TASK REQUIREMENTS
Only those lines running from the start of the listing below through the line that holds "for _ in 0..u64::MAX" are to be written out, exactly and in full.

INFORMATION PROVIDED
--------

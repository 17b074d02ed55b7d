// The program `sheet` (document 01, "The planner and the line program"): it moves bytes from standard input to a dialogue, and the dialogue's responses to
// standard output.
#![tactic(auto)]

ghost use Rattle.std.specs.Prelude.{◌≡◌, IfErr};
ghost use Rattle.dialogue.specs.Program.{Begun};
ghost use Rattle.dialogue.specs.Values.{held_by};
ghost use Rattle.sheet.specs.Values.{Answers};

use dialogue::Dialogue;
use lines::input::OpenLine;
use std::fmt;
use std::io::{self, Read};

// The marks that the table is opened for.
const MARKS: u32 = 40;

// Why the program ends before its input does: a read or a write failed.
#[derive(Clone, Copy)]
enum Stop {
    Unreadable,
    Unwritable,
}

impl fmt::Display for Stop {
    fn fmt<W: fmt::Write>(&self, f: &mut fmt::Formatter<W>) -> fmt::Result {
        match self {
            Stop::Unreadable => f.write_str("sheet: standard input cannot be read"),
            Stop::Unwritable => f.write_str("sheet: standard output cannot be written"),
        }
    }
}

// Writes the responses to what was fed last.
fn print(rt: &impl Print, dialogue: &Dialogue) -> Result<(), Stop>
    ensures { IfErr result (λ why. why ≡ Stop.Unwritable) }
{
    rt.write_all(dialogue.responses())
        .map_err(|_| Stop::Unwritable)
}

// Feeds a chunk and writes the responses, as many at once as there is room for. Where they cannot be written it stops.
fn answer(rt: &impl Print, dialogue: &mut Dialogue, chunk: &[u8]) -> Result<(), Stop>
    ensures { Answers (held_by dialogue.old) chunk.now (held_by dialogue.new) result }
{
    let mut at = 0;
    while at < chunk.len() {
        at += dialogue.feed_some(&chunk[at..]);
        print(rt, dialogue)?;
    }
    Ok(())
}

// Reads and answers the input to its end, a chunk at a time, as much as a pipe holds. A proved loop has to end, so it has a number of turns that no run
// uses up.
fn read_all(input: &mut impl Read, rt: &impl Print, dialogue: &mut Dialogue) -> Result<(), Stop> {
    let mut chunk = [0u8; 65536];
    for _ in 0..u64::MAX {
        let n = input.read(&mut chunk).map_err(|_| Stop::Unreadable)?;
        if n == 0 {
            return Ok(());
        }
        answer(rt, dialogue, &chunk[..n])?;
    }
    Ok(())
}

// Reads the whole input and prints the responses to its lines, the rest at its end among them.
fn run(rt: &(impl io::Input + Print), dialogue: &mut Dialogue) -> Result<(), Stop>
    requires { Begun (held_by dialogue.old) }
{
    let mut input = rt.reader();
    read_all(&mut input, rt, dialogue)?;
    dialogue.finish();
    print(rt, dialogue)
}

fn main(rt: HostRuntime) {
    let mut table = [0u32; 13184];
    let mut first = [0u32; 160];
    let mut second = [0u32; 160];
    let mut line = [0u8; 48];
    // Far more than the longest response, so that the responses to a chunk go out in few writes.
    let mut out = [0u8; 65536];
    // No refusal: the words are those of a table for so many marks.
    register::open::open(&mut table, MARKS).unwrap();
    let mut dialogue = Dialogue::new(
        &mut table,
        &mut first,
        &mut second,
        OpenLine::new(&mut line),
        &mut out,
    );
    if let Err(stop) = run(&rt, &mut dialogue) {
        // Where standard error takes nothing either there is no one left to tell.
        let _ = rt.eprintln(stop);
    }
}
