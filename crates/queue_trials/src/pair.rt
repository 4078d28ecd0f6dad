// The same calls on two queues. They are no struct: a kind of queue doesn't tell its kind of key, so each method would name all three again.
use dice::ShortDice;
use measure::{Cost, Measure};
use queue::{Queue, Refusal};
use std::error::Error;
use std::fmt;

const CALLS: u32 = 6_000;

const ROUNDS: u32 = 20;

#[derive(Clone, Copy, Debug)]
pub struct Differ;

impl fmt::Display for Differ {
    fn fmt<W: fmt::Write>(&self, f: &mut fmt::Formatter<W>) -> fmt::Result {
        write!(f, "the queues differ")
    }
}

impl Error for Differ {}

fn alike(same: bool) -> Result<(), Differ> {
    if same { Ok(()) } else { Err(Differ) }
}

// What both queues answered.
#[derive(Clone, Copy, Default)]
pub struct Seen {
    accepted: u64,
    refused: u64,
    drawn: u64,
}

impl Seen {
    fn count(&mut self, answer: Result<(), Refusal>) {
        match answer {
            Ok(()) => self.accepted = self.accepted.saturating_add(1),
            Err(_) => self.refused = self.refused.saturating_add(1),
        }
    }
}

impl fmt::Display for Seen {
    fn fmt<W: fmt::Write>(&self, f: &mut fmt::Formatter<W>) -> fmt::Result {
        write!(
            f,
            "{} accepted, {} refused, {} drawn",
            self.accepted, self.refused, self.drawn
        )
    }
}

fn mark_of<K: Cost>(drawn: Option<(u16, K)>) -> Option<u16> {
    drawn.map(|(mark, _)| mark)
}

// Equal keys, or both none.
fn same_keys<K: Cost>(a: Option<(u16, K)>, b: Option<(u16, K)>) -> bool {
    match (a, b) {
        (Some((_, key)), Some((_, other))) => key.compare(other).is_eq(),
        (None, None) => true,
        _ => false,
    }
}

// Puts and lowerings, refused ones too, and draws; every mark has keys of its own.
pub fn mixed<M: Measure, A: Queue<M::Cost>, B: Queue<M::Cost>>(
    measure: &M,
    a: &mut A,
    b: &mut B,
    dice: &mut ShortDice,
) -> Result<Seen, Differ> {
    a.clear();
    b.clear();
    let mut seen = Seen::default();
    for _ in 0..CALLS {
        any_call(measure, a, b, dice, &mut seen)?;
    }
    alike(a.draws() == b.draws())?;
    Ok(seen)
}

fn any_call<M: Measure, A: Queue<M::Cost>, B: Queue<M::Cost>>(
    measure: &M,
    a: &mut A,
    b: &mut B,
    dice: &mut ShortDice,
    seen: &mut Seen,
) -> Result<(), Differ>
    requires { A.Queue.Laid a.old × B.Queue.Laid b.old }
    ensures { A.Queue.Laid a.new × B.Queue.Laid b.new }
{
    // A few marks are past the span. The cast loses nothing: a roll is below its sides.
    let mark = dice.roll(204);
    let key = measure.price(dice.roll(200) * 256 + mark, dice.roll(3) as u8);
    match dice.roll(7) {
        0 => draw_both(a, b, seen),
        1 | 2 | 3 => {
            let answer = a.put(mark, key);
            seen.count(answer);
            alike(b.put(mark, key) == answer)
        }
        _ => {
            let answer = a.lower(mark, key);
            seen.count(answer);
            alike(b.lower(mark, key) == answer)
        }
    }
}

// The same mark, since no two marks have equal keys.
fn draw_both<K: Cost, A: Queue<K>, B: Queue<K>>(
    a: &mut A,
    b: &mut B,
    seen: &mut Seen,
) -> Result<(), Differ>
    requires { A.Queue.Laid a.old × B.Queue.Laid b.old }
    ensures { A.Queue.Laid a.new × B.Queue.Laid b.new }
{
    let drawn = a.draw();
    if drawn.is_some() {
        seen.drawn = seen.drawn.saturating_add(1);
    }
    let other = b.draw();
    alike(mark_of(drawn) == mark_of(other) && same_keys(drawn, other))
}

// Rounds in which many keys are equal: the queues may draw other marks, but the keys agree.
pub fn tied<M: Measure, A: Queue<M::Cost>, B: Queue<M::Cost>>(
    measure: &M,
    a: &mut A,
    b: &mut B,
    dice: &mut ShortDice,
) -> Result<(), Differ> {
    for _ in 0..ROUNDS {
        a.clear();
        b.clear();
        fill(measure, a, b, dice);
        drain(a, b)?;
    }
    Ok(())
}

fn fill<M: Measure, A: Queue<M::Cost>, B: Queue<M::Cost>>(
    measure: &M,
    a: &mut A,
    b: &mut B,
    dice: &mut ShortDice,
)
    requires { A.Queue.Laid a.old × B.Queue.Laid b.old }
    ensures { A.Queue.Laid a.new × B.Queue.Laid b.new }
{
    for mark in 0..300 {
        // The cast loses nothing, as above.
        let key = measure.price(dice.roll(9) + 1, dice.roll(2) as u8);
        let _ = a.put(mark, key);
        let _ = b.put(mark, key);
        let lower = measure.price(dice.roll(9) + 1, 0);
        let _ = a.lower(mark / 2, lower);
        let _ = b.lower(mark / 2, lower);
    }
}

fn drain<K: Cost, A: Queue<K>, B: Queue<K>>(a: &mut A, b: &mut B) -> Result<(), Differ>
    requires { A.Queue.Laid a.old × B.Queue.Laid b.old }
    ensures { A.Queue.Laid a.new × B.Queue.Laid b.new }
{
    for _ in 0..300 {
        alike(same_keys(a.draw(), b.draw()))?;
    }
    Ok(())
}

--------

RESULT OF THIS TASK
repository 17b074d02ed55b7d
// The program `sheet` (document 01, "The planner and the line program"): it moves bytes from standard input to a dialogue, and the dialogue's responses to
// standard output.
#![tactic(auto)]

ghost use Rattle.std.specs.Prelude.{◌≡◌, IfErr};
ghost use Rattle.dialogue.specs.Program.{Begun};
ghost use Rattle.dialogue.specs.Values.{held_by};
ghost use Rattle.sheet.specs.Values.{Answers};

use dialogue::Dialogue;
use lines::input::OpenLine;
use std::fmt;
use std::io::{self, Read};

// The marks that the table is opened for.
const MARKS: u32 = 40;

// Why the program ends before its input does: a read or a write failed.
#[derive(Clone, Copy)]
enum Stop {
    Unreadable,
    Unwritable,
}

impl fmt::Display for Stop {
    fn fmt<W: fmt::Write>(&self, f: &mut fmt::Formatter<W>) -> fmt::Result {
        match self {
            Stop::Unreadable => f.write_str("sheet: standard input cannot be read"),
            Stop::Unwritable => f.write_str("sheet: standard output cannot be written"),
        }
    }
}

// Writes the responses to what was fed last.
fn print(rt: &impl Print, dialogue: &Dialogue) -> Result<(), Stop>
    ensures { IfErr result (λ why. why ≡ Stop.Unwritable) }
{
    rt.write_all(dialogue.responses())
        .map_err(|_| Stop::Unwritable)
}

// Feeds a chunk and writes the responses, as many at once as there is room for. Where they cannot be written it stops.
fn answer(rt: &impl Print, dialogue: &mut Dialogue, chunk: &[u8]) -> Result<(), Stop>
    ensures { Answers (held_by dialogue.old) chunk.now (held_by dialogue.new) result }
{
    let mut at = 0;
    while at < chunk.len() {
        at += dialogue.feed_some(&chunk[at..]);
        print(rt, dialogue)?;
    }
    Ok(())
}

// Reads and answers the input to its end, a chunk at a time, as much as a pipe holds. A proved loop has to end, so it has a number of turns that no run
// uses up.
fn read_all(input: &mut impl Read, rt: &impl Print, dialogue: &mut Dialogue) -> Result<(), Stop> {
    let mut chunk = [0u8; 65536];
    for _ in 0..u64::MAX {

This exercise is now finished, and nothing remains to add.